The last few months have been a bit of a whirlwind for me. When I moved to Charleston in January I was looking to change my career path dramatically; I was finally ready to pursue a career in food. I knew it would be a challenge to change my career paths, especially because I had no restaurant or kitchen experience since working at Wegmans when I was in high school. But I knew there was nothing else I wanted to be doing right now.

It took some time, but I was lucky enough to find an employer who was willing to take a chance on me. I am proud to report that for the last 3 months I have been working as the Pastry Chef at Dixie Supply Bakery & Cafe in downtown Charleston.

It has been such a wonderful and amazing experience. I absolutely love my job! First let me tell you a little bit about Dixie; we specialize in local, low-country cuisine and pride ourselves in having the best grits in town! Just take a look at this amazing menu! We always feature seasonal produce from local sources, and the head chef changes up our specials menu daily.
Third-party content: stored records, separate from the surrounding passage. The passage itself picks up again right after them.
//! One draw, and the run of one worker.

ghost use Rattle.std.specs.Prelude.{◌≡◌, ◌<◌, ◌≤◌, All, length, IfOk};
ghost use Rattle.gw_draw.specs.Draws.{with_draw, top};
ghost use Rattle.gw_draw.specs.Answers.{IsSeatOf, view_of, Accepts, GivesAt, HasRun};

use crate::gate::Gate;
use crate::table::{Draw, Seat, Table};
use gw_base::NoMemory;
use std::alloc::Global;

/// The next number, by one `fetch_add`: it goes last on the seat's list, and is above those that the seat drew before.
/// The caller knows that the list holds job numbers alone. It takes no memory.
pub fn draw_one(table: &Table, seat: &mut Seat) -> u64
    requires table { IsSeatOf table.now seat.old }
    requires jobs_alone { All (λ x. x < (view_of seat.old).jobs) (view_of seat.old).drawn }
    ensures table { IsSeatOf table.now seat.new }
    ensures drawn { view_of seat.new ≡ with_draw (view_of seat.old) result }
    ensures rising { top (view_of seat.old).drawn ≤ result }
{
    table.table.shared.fetch_add::<Draw>(&mut seat.seat, 0, 1)
}

/// One worker's run: it draws until a number is past the last job, and answers each job number drawn, in their order,
/// with `f` of that job, passing the gate just before. The caller knows that there are as many jobs as the seat's view
/// says, that its list holds job numbers alone, and that `f` may be called on each job.
///
/// # Errors
///
/// Out of memory. What was drawn stays drawn.
pub fn draw_all<J, X: Drop, F: Fn(&J) -> X, G: Gate>(
    alloc: Global,
    table: &Table,
    seat: &mut Seat,
    jobs: &[J],
    f: &F,
    gate: &G,
) -> Result<Vec<(u64, X)>, NoMemory>
    requires table { IsSeatOf table.now seat.old }
    requires jobs { length jobs.now ≡ (view_of seat.old).jobs }
    requires jobs_alone { All (λ x. x < (view_of seat.old).jobs) (view_of seat.old).drawn }
    requires accepts { Accepts F.Fn f.now jobs.now }
    ensures table { IsSeatOf table.now seat.new }
    ensures run { IfOk result (λ answers. HasRun F.Fn f.now jobs.now (view_of seat.old) (view_of seat.new) answers.items) }
{
    let mut answers = Vec::new(alloc);
    'draw: loop {
        let number = draw_one(table, seat);
        if number >= jobs.len() as u64 {
            return Ok(answers);
        }
        gate.pass(number as usize);
        let answer = carry(jobs, number as usize, f);
        answers.push((number, answer))?;
    }
}

/// The answer on the job at this place.
fn carry<J, X, F: Fn(&J) -> X>(jobs: &[J], place: usize, f: &F) -> X
    requires inside { place < length jobs.now }
    requires accepts { Accepts F.Fn f.now jobs.now }
    ensures { GivesAt F.Fn f.now jobs.now place result }
{
    f(&jobs[place])
}
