//! A table is made, its seats are split and joined, and it is closed.

ghost use Rattle.std.specs.Prelude.{◌≡◌, ℕ, ◌+◌, ◌-◌, ◌<◌, ◌^◌, [], ◌++◌, IfOk};
ghost use Rattle.gw_draw.specs.Draws.{view, times, once_below};
ghost use Rattle.gw_draw.specs.Answers.{IsSeatOf, IsFresh, view_of};

use crate::table::{Both, OneOff, Plan, Seat, Table};
use gw_base::NoMemory;
use std::alloc::Global;

impl Table {
    /// A table from which nothing was drawn, and its first seat, which has all of the allowance.
    ///
    /// # Errors
    ///
    /// Out of memory.
    pub fn new(alloc: Global, jobs: u64, workers: u64) -> Result<(Table, Seat), NoMemory>
        requires some { 0 < workers }
        requires small { jobs + workers < 2 ^ 63 }
        ensures { IfOk result (λ r. IsSeatOf r.0 r.1 × (view_of r.1 ≡ view [] workers jobs workers)) }
    {
        let (table, seat) = atomic_table::Table::of_words(alloc, &[0], &Plan { jobs, workers })?;
        Ok((Table { table }, Seat { seat }))
    }

    /// A new seat with 1 of the allowance of this one, which has drawn nothing.
    pub fn split_one(&self, seat: &mut Seat) -> Seat
        requires table { IsSeatOf self.now seat.old }
        requires more { 1 < (view_of seat.old).allowance }
        requires blank { (view_of seat.old).drawn ≡ [] }
        ensures table { IsSeatOf self.now seat.new }
        ensures left { view_of seat.new ≡ view [] ((view_of seat.old).allowance - 1) (view_of seat.old).jobs (view_of seat.old).workers }
        ensures fresh { IsFresh self.now (view_of seat.old).jobs (view_of seat.old).workers result }
    {
        Seat {
            seat: self.table.shared.split_seat::<OneOff>(&mut seat.seat),
        }
    }

    /// Takes over the list and the allowance of another seat.
    pub fn join(&self, seat: &mut Seat, other: Seat)
        requires table { IsSeatOf self.now seat.old }
        requires other { IsSeatOf self.now other }
        ensures table { IsSeatOf self.now seat.new }
        ensures both { view_of seat.new ≡ view ((view_of seat.old).drawn ++ (view_of other).drawn) ((view_of seat.old).allowance + (view_of other).allowance) (view_of seat.old).jobs (view_of seat.old).workers }
    {
        let Seat { seat: joined } = other;
        self.table.shared.join_seat::<Both>(&mut seat.seat, joined);
    }

    /// The word at the end. A seat with the whole allowance has drawn each number below it once, and no other.
    pub fn close(self, seat: Seat) -> u64
        requires { IsSeatOf self seat }
        ensures { (view_of seat).allowance ≡ (view_of seat).workers → (x : ℕ) → times x (view_of seat).drawn ≡ once_below result x }
    {
        let Table { table } = self;
        let Seat { seat: last } = seat;
        let closed = table.close_with(last);
        let word = closed.word(0);
        closed.free();
        word
    }
}
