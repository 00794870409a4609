//! Who executes jobs.

ghost use Rattle.std.specs.Prelude.{◌≡◌, ◌≤◌};

use crate::gate::Gate;
use std::thread::Threads;

/// So many workers in threads of that runtime, 1 to 64. They pass the gate before each job.
#[derive(Drop)]
pub struct Workers<'r, R, G> {
    /// Where threads are started.
    pub rt: &'r R,
    /// Passed before each job.
    pub gate: &'r G,
    /// The caller is one of them.
    pub count: u32,
    ghost some: { 1 ≤ count },
    ghost limit: { count ≤ 64 },
}

impl<'r, R: Threads + Sync, G: Gate> Workers<'r, R, G> {
    /// So many workers, 1 to 64: the caller, and the others in threads of that runtime.
    pub fn new(rt: &'r R, count: u32, gate: &'r G) -> Self
        requires some { 1 ≤ count }
        requires limit { count ≤ 64 }
        ensures { result.count ≡ count }
    {
        Workers { rt, gate, count }
    }

    /// One of them, if the others are of no use.
    pub fn alone_unless(&self, are_of_use: bool) -> Self {
        Workers {
            rt: self.rt,
            gate: self.gate,
            count: if are_of_use { self.count } else { 1 },
        }
    }

    /// As many of them as so much work is worth: one, and one more for each whole share.
    pub fn for_work(&self, work: usize, share: usize) -> Self
        requires { 1 ≤ share }
    {
        let worth = u32::try_from(work / share).unwrap_or(u32::MAX);
        Workers {
            rt: self.rt,
            gate: self.gate,
            count: worth.saturating_add(1).min(self.count),
        }
    }
}
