//! The word from which jobs are drawn, the workers' seats, and the rule that both keep.

ghost use Rattle.std.specs.Prelude.{◌≡◌, ◌+◌, ◌-◌, ◌<◌, [], ◌++◌};
ghost use Rattle.gw_draw.specs.Draws.{view, spent, IsKept, Drew};

use atomic_table::{Join, Play, Split, TableRule};
use std::alloc::Global;
use std::collections::LinkedList;

/// What a seat knows. It stands in contracts alone: no value of it is made.
pub struct View {
    /// The numbers that were drawn, in their order.
    pub drawn: LinkedList<u64>,
    /// How many of them may be no job's.
    pub allowance: u64,
    /// How many jobs there are.
    pub jobs: u64,
    /// How many workers may draw.
    pub workers: u64,
}

/// How many jobs there are, and how many workers may draw.
#[derive(Clone, Copy, Drop)]
pub struct Plan {
    pub(crate) jobs: u64,
    pub(crate) workers: u64,
}

/// The rule of the word and the views.
pub struct DrawRule;

impl TableRule<(), View, Plan> for DrawRule {
    ghost holds = { λ plan s. IsKept plan.jobs plan.workers s };

    ghost first = { λ plan. view [] plan.workers plan.jobs plan.workers };
}

/// A draw.
pub(crate) struct Draw;

impl Play<(), View> for Draw {
    ghost then = { Drew };
}

/// A seat that has drawn nothing gives 1 of its allowance to a new one.
pub(crate) struct OneOff;

impl Split<View> for OneOff {
    ghost left = { λ v. view v.drawn (v.allowance - 1) v.jobs v.workers };

    ghost right = { λ v. view [] 1 v.jobs v.workers };
}

/// A seat takes over the list and the allowance of another.
pub(crate) struct Both;

impl Join<View> for Both {
    ghost both = { λ v w. view (v.drawn ++ w.drawn) (v.allowance + w.allowance) v.jobs v.workers };

    ghost spent = { spent };
}

/// The word that jobs are drawn from.
#[derive(Drop)]
pub struct Table {
    pub(crate) table: atomic_table::Table<(), View, Plan, DrawRule, Global>,
    ghost one_word: { table.shared.table_id.words ≡ 1 },
    ghost no_slots: { table.shared.table_id.slots ≡ 0 },
}

/// A worker's right to draw.
#[derive(Drop)]
pub struct Seat {
    pub(crate) seat: atomic_table::Seat<(), View>,
    ghost no_slot: { seat.me.1 ≡ [] },
    ghost allowed: { 0 < seat.me.0.allowance },
}
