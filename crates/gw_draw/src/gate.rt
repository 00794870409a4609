//! What each worker passes before a job.

/// Passed by a worker just before it executes a job: what a test counts or holds up. A `pass` that never returns holds
/// up the whole call.
pub trait Gate: Sync {
    /// The job of this number, from 0, is executed next.
    fn pass(&self, place: usize);
}

/// A gate that does nothing.
pub struct OpenGate;

impl Gate for OpenGate {
    fn pass(&self, _place: usize) {}
}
Dixie has been featured in Southern Living Magazine for their famous tomato pie, and on July 30th they will be featured on and episode of  Diners, Drive-ins, and Dives (Food Network, 10 pm EST).
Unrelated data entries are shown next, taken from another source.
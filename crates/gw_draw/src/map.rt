//! An answer for each job, by many workers.

ghost use Rattle.std.specs.Prelude.{◌≡◌, ℕ, ◌<◌, ◌≤◌, ◌^◌, [], All, length, IfOk, vec_len, map, Some, None, IsSome, slice_index_or, slice_set, replicate};
ghost use Rattle.gw_draw.specs.Draws.{view};
ghost use Rattle.gw_draw.specs.Answers.{IsSeatOf, view_of, Accepts, IsFresh, IsRun, GivesEach, placed};

use crate::draw::draw_all;
use crate::gate::Gate;
use crate::table::{Seat, Table};
use gw_base::NoMemory;
use std::alloc::Global;
use std::thread;
use std::thread::Threads;

/// A worker's run: its seat, and what it answered.
#[derive(Drop)]
pub(crate) struct Run<X> {
    seat: Seat,
    answers: Vec<(u64, X)>,
}

/// A seat for each worker.
fn seats(
    alloc: Global,
    table: &Table,
    mut first: Seat,
    workers: usize,
) -> Result<Vec<Seat>, NoMemory>
    requires table { IsSeatOf table.now first }
    requires some { 0 < workers }
    requires whole { view_of first ≡ view [] workers (view_of first).jobs workers }
    ensures as_many { IfOk result (λ seats. vec_len seats ≡ workers) }
    ensures fresh { IfOk result (λ seats. All (IsFresh table.now (view_of first).jobs workers) seats.items) }
{
    let mut seats = Vec::with_capacity(alloc, workers)?;
    for _seat in 1..workers {
        let seat = table.split_one(&mut first);
        seats.push(seat)?;
    }
    seats.push(first)?;
    Ok(seats)
}

/// What a worker does.
fn work<J, X: Drop, F: Fn(&J) -> X, G: Gate>(
    alloc: Global,
    table: &Table,
    mut seat: Seat,
    jobs: &[J],
    f: &F,
    gate: &G,
    workers: usize,
) -> Result<Run<X>, NoMemory>
    requires fresh { IsFresh table.now (length jobs.now) workers seat }
    requires accepts { Accepts F.Fn f.now jobs.now }
    ensures { IfOk result (IsRun F.Fn f.now table.now jobs.now workers) }
{
    let answers = draw_all(alloc, table, &mut seat, jobs, f, gate)?;
    Ok(Run { seat, answers })
}

fn put<X: Drop>(places: &mut Vec<Option<X>>, place: usize, answer: X)
    requires { place < vec_len places.old }
    ensures { places.new.items ≡ slice_set places.old.items place (Some answer) }
{
    places[place] = Some(answer);
}

/// Each answer goes to the place of its number.
fn place<X: Drop>(places: &mut Vec<Option<X>>, answers: Vec<(u64, X)>)
    requires { (k : ℕ) (a : _) → k < vec_len answers → (slice_index_or answers.items k a).0 < vec_len places.old }
    ensures { places.new.items ≡ placed places.old.items answers.items }
{
    for (number, answer) in answers {
        put(places, number as usize, answer);
    }
}

fn blanks<X: Drop>(alloc: Global, count: usize) -> Result<Vec<Option<X>>, NoMemory>
    ensures { IfOk result (λ places. places.items ≡ replicate count None) }
{
    let mut places = Vec::with_capacity(alloc, count)?;
    for _place in 0..count {
        places.push(None)?;
    }
    Ok(places)
}

/// The answers, of which there is one in each place.
fn unwrapped<X: Drop>(alloc: Global, places: Vec<Option<X>>) -> Result<Vec<X>, NoMemory>
    requires { (i : ℕ) → i < vec_len places → IsSome (slice_index_or places.items i None) }
    ensures { IfOk result (λ answers. map (λ x. Some x) answers.items ≡ places.items) }
{
    let mut answers = Vec::with_capacity(alloc, places.len())?;
    for place in places {
        let Some(answer) = place else { unreachable!() };
        answers.push(answer)?;
    }
    Ok(answers)
}

/// The answers of all workers, in the jobs' places.
fn gather<J, X: Drop, F: Fn(&J) -> X>(
    alloc: Global,
    table: Table,
    jobs: &[J],
    _f: &F,
    workers: usize,
    mut runs: Vec<Result<Run<X>, NoMemory>>,
) -> Result<Vec<X>, NoMemory>
    requires some { 0 < workers }
    requires as_many { vec_len runs ≡ workers }
    requires each { All (λ run. IfOk run (IsRun F.Fn _f.now table jobs.now workers)) runs.items }
    ensures { IfOk result (λ answers. GivesEach F.Fn _f.now jobs.now answers.items) }
{
    let mut places = blanks(alloc, jobs.len())?;
    let Some(first) = runs.pop() else {
        unreachable!()
    };
    let Run { mut seat, answers } = first?;
    place(&mut places, answers);
    while let Some(next) = runs.pop() {
        let Run {
            seat: other,
            answers,
        } = next?;
        table.join(&mut seat, other);
        place(&mut places, answers);
    }
    table.close(seat);
    unwrapped(alloc, places)
}

/// In the place of each job an answer of `f` on that job, by as many workers at most as are given, 1 to 64. Each draws
/// the next job from one word until none is left, and passes the gate just before each job. There are as many seats as
/// workers and jobs allow, one at least; the caller works one of them, so with one worker no thread is started. It
/// waits for its workers. Where a worker cannot be started, its seat draws on a thread that runs. The caller knows that
/// `f` may be called on each job; there are at most 4,294,967,295.
///
/// # Errors
///
/// Out of memory.
pub fn draw_map<R: Threads + Sync, J: Sync, X: Send + Drop, F: Fn(&J) -> X + Sync + Drop, G: Gate>(
    rt: &R,
    alloc: Global,
    workers: u32,
    jobs: &[J],
    f: F,
    gate: &G,
) -> Result<Vec<X>, NoMemory>
    requires some { 1 ≤ workers }
    requires limit { workers ≤ 64 }
    requires jobs { length jobs.now < 2 ^ 32 }
    requires accepts { Accepts F.Fn f jobs.now }
    ensures { IfOk result (λ answers. GivesEach F.Fn f jobs.now answers.items) }
{
    let workers = (workers as usize).min(jobs.len()).max(1);
    let (table, first) = Table::new(alloc, jobs.len() as u64, workers as u64)?;
    let seats = seats(alloc, &table, first, workers)?;
    let shared = &table;
    let called = &f;
    let worker = move |seat: Seat| -> Result<Run<X>, NoMemory>
        requires { IsFresh shared.now (length jobs.now) workers seat × Accepts F.Fn called.now jobs.now }
        ensures { IfOk result (IsRun F.Fn called.entry.now shared.entry.now jobs.entry.now workers) }
    { work(alloc, shared, seat, jobs, called, gate, workers) };
    let runs = thread::map_vec(rt, seats, &worker)?;
    gather(alloc, table, jobs, called, workers, runs)
}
Here’s what I wear to Dixie most days. My Dixie t-shirt says “getcha grits on.”

My job at Dixie, is to keep our display case full of tasty, fresh, baked goods. These items range from muffins and lemon bars to 3 layer cakes and our famous Bacon Bourbon Pecan Pie. My goal is to have a minimum of 10 items in the case as well as 3 pies, and a 3 layer cake on top of the case.

When I’m feeling fancy this is what I wear. Who’s looking like a real professional now? That would be me.

At this position I have the opportunity to make recipes that have been developed by the owners Kris and Alan, as well as introduce new recipes and experiment. This really just gives me a license to browse Pinterest for hours at a time doing research for work.

Here are some of my favorites so far;

Strawberry & Cream Cupcakes (made with fresh strawberry buttercream)

Peach Upside-Down Biscuits

Peach Spice Cake

Milky Way Cake

Homemade Marshmallows (dipped in chocolate)

3 Layer Vanilla Cake with Blueberry Filling and Cream Cheese Frosting

Homemade Pop-Tarts with blueberry filling

Peach Melba Muffins

Fig Cake (a simple, yet delicious cake made with fresh, local figs!)

Red Velvet Cake Pops

Citrus Cake with Lemon Curd Filling

“Fruit Puffs” (filled with cream cheese frosting and topped with fresh fruit)

Coconut Cake

Homemade Oreos

American Flag Cake (a vanilla layer cake with cream cheese frosting, this was so much fun to make!)

If you would like to keep up with the new treats I’m baking at Dixie, just follow their facebook page, which is updated regularly with what new items we are featuring at the restaurant.

I can say truthfully I love going to work. It took some patience and a whole lot of support, but it really paid off in the end. This is the best job I’ve ever had.